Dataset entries

========

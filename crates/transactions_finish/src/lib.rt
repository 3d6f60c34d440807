// What a desk has begun it can finish, by its own steps: definitions in specs/, theorems in proofs/. There is no code here.
#![tactic(auto)]
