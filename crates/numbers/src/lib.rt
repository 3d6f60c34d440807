// The numbers that the store answers with, each named once: the names of crates/numbers/specs/Numbers.
#![tactic(auto)]

ghost use Rattle.std.specs.Prelude.{◌≡◌};
ghost use Rattle.numbers.specs.Refusals.{number_of};

// Accepted.
pub const ACCEPTED: u8 = 0;

// ---- Why a request is refused.

// A refusal, by its number.
#[derive(Clone, Copy, PartialEq, Eq)]
pub enum Refusal {
    // A command, an ask or a proposal breaks its rules.
    Malformed = 1,
    // There is no such card.
    NoCard = 2,
    // A later session was accepted for the card. Minuet: EBADSESSION.
    Stale = 3,
    // The expected commit mark does not pass the stored one.
    MarkDiffers = 4,
    // The payload is longer than the room for a text.
    PayloadLong = 5,
    // The translation is behind, or the edition that is named is not the stored one.
    EditionWrong = 6,
    // The original has its last edition.
    EditionsSpent = 7,
    // The text is longer than the buffer for it.
    ReplyShort = 8,
    // The image is not sound, or of another version.
    Unsound = 9,
    // The queue itself breaks its rules, whatever is sent to it.
    BadQueue = 10,
    // The pair that is asked with is too small. Minuet: UpgradeDenied.
    PairDenied = 11,
    // The desk and start stands, and what it asks for is no upgrade.
    StandsAlready = 12,
    // Every lent place is taken, and what is asked for is no upgrade.
    QueueFull = 13,
    // No such image can be made in the lent bytes.
    NotMade = 14,
    // The desk and start that is to leave does not stand.
    NotStanding = 15,
    // The desk has no larger stamp of its own for the card.
    NoStampLeft = 16,
    // A stamp is too far ahead of the stored one.
    TooFar = 17,
    // The first text is ill formed.
    FirstIll = 18,
    // The second text is ill formed.
    SecondIll = 19,
    // The texts part at a step.
    Unmatched = 20,
    // A lease term or a time is outside its limits, or is no number.
    LeaseOutOfRange = 21,
    // One more accepted command would pass a limit of the history engine.
    HistoryFull = 22,
    // The log or the record breaks its layout or its order.
    BadLog = 23,
    // The log has no line or no room left for the record.
    LogFull = 24,
    // The wait for a silent desk is not over.
    LeaseRuns = 25,
    // The append had too few stores of one byte.
    AppendCut = 26,
}

// The refusals that answers are asked for, or given, by number.
pub const MALFORMED: u8 = Refusal::Malformed as u8;

pub const NO_CARD: u8 = Refusal::NoCard as u8;

pub const UNSOUND: u8 = Refusal::Unsound as u8;

pub const BAD_QUEUE: u8 = Refusal::BadQueue as u8;

pub const HISTORY_FULL: u8 = Refusal::HistoryFull as u8;

pub const BAD_LOG: u8 = Refusal::BadLog as u8;

// The number of an outcome: that of the refusal, and 0 where nothing is refused.
pub fn number_of(outcome: Result<(), Refusal>) -> u8
    ensures { result ≡ number_of outcome }
{
    match outcome {
        Ok(()) => ACCEPTED,
        Err(refusal) => refusal as u8,
    }
}
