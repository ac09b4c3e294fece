// Turned grids have the same best score: definitions in specs/, laws in proofs/, no code.

#![tactic(auto)]
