// Definitions and laws: a path as a grammar and the shapes of a matrix, and that the reading agrees. There is no code here.
#![tactic(auto)]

========

Exercise instructions =>
In the answer, every line above should be retyped exactly.

Result =>
filename crates/transactions_finish/src/lib.rt
repository 3d6f60c34d440807
// What a desk has begun it can finish, by its own steps: definitions in specs/, theorems in proofs/. There is no code here.
#![tactic(auto)]
filename crates/numbers/src/lib.rt
repository 3d6f60c34d440807
// The numbers that the store answers with, each named once: the names of crates/numbers/specs/Numbers.
#![tactic(auto)]

ghost use Rattle.std.specs.Prelude.{◌≡◌};
ghost use Rattle.numbers.specs.Refusals.{number_of};

// Accepted.
pub const ACCEPTED: u8 = 0;

// ---- Why a request is refused.

// A refusal, by its number.
#[derive(Clone, Copy, PartialEq, Eq)]
pub enum Refusal {
    // A command, an ask or a proposal breaks its rules.
    Malformed = 1,
    // There is no such card.
    NoCard = 2,
    // A later session was accepted for the card. Minuet: EBADSESSION.
    Stale = 3,
    // The expected commit mark does not pass the stored one.
    MarkDiffers = 4,
    // The payload is longer than the room for a text.
    PayloadLong = 5,
    // The translation is behind, or the edition that is named is not the stored one.
    EditionWrong = 6,
    // The original has its last edition.
    EditionsSpent = 7,
    // The text is longer than the buffer for it.
    ReplyShort = 8,
    // The image is not sound, or of another version.
    Unsound = 9,
    // The queue itself breaks its rules, whatever is sent to it.
    BadQueue = 10,
    // The pair that is asked with is too small. Minuet: UpgradeDenied.
    PairDenied = 11,
    // The desk and start stands, and what it asks for is no upgrade.
    StandsAlready = 12,
    // Every lent place is taken, and what is asked for is no upgrade.
    QueueFull = 13,
    // No such image can be made in the lent bytes.
    NotMade = 14,
    // The desk and start that is to leave does not stand.
    NotStanding = 15,
    // The desk has no larger stamp of its own for the card.
    NoStampLeft = 16,
    // A stamp is too far ahead of the stored one.
    TooFar = 17,
    // The first text is ill formed.
    FirstIll = 18,
    // The second text is ill formed.
    SecondIll = 19,
    // The texts part at a step.
    Unmatched = 20,
    // A lease term or a time is outside its limits, or is no number.
    LeaseOutOfRange = 21,
    // One more accepted command would pass a limit of the history engine.
    HistoryFull = 22,
    // The log or the record breaks its layout or its order.
    BadLog = 23,
    // The log has no line or no room left for the record.
    LogFull = 24,
    // The wait for a silent desk is not over.
    LeaseRuns = 25,
    // The append had too few stores of one byte.
    AppendCut = 26,
}

// The refusals that answers are asked for, or given, by number.
pub const MALFORMED: u8 = Refusal::Malformed as u8;

pub const NO_CARD: u8 = Refusal::NoCard as u8;

pub const UNSOUND: u8 = Refusal::Unsound as u8;

pub const BAD_QUEUE: u8 = Refusal::BadQueue as u8;

pub const HISTORY_FULL: u8 = Refusal::HistoryFull as u8;

pub const BAD_LOG: u8 = Refusal::BadLog as u8;

// The number of an outcome: that of the refusal, and 0 where nothing is refused.
pub fn number_of(outcome: Result<(), Refusal>) -> u8
    ensures { result ≡ number_of outcome }
{
    match outcome {
        Ok(()) => ACCEPTED,
        Err(refusal) => refusal as u8,
    }
}
repository ac09b4c3e294fece
// Turned grids have the same best score: definitions in specs/, laws in proofs/, no code.

#![tactic(auto)]
// Definitions and laws: a path as a grammar and the shapes of a matrix, and that the reading agrees. There is no code here.
#![tactic(auto)]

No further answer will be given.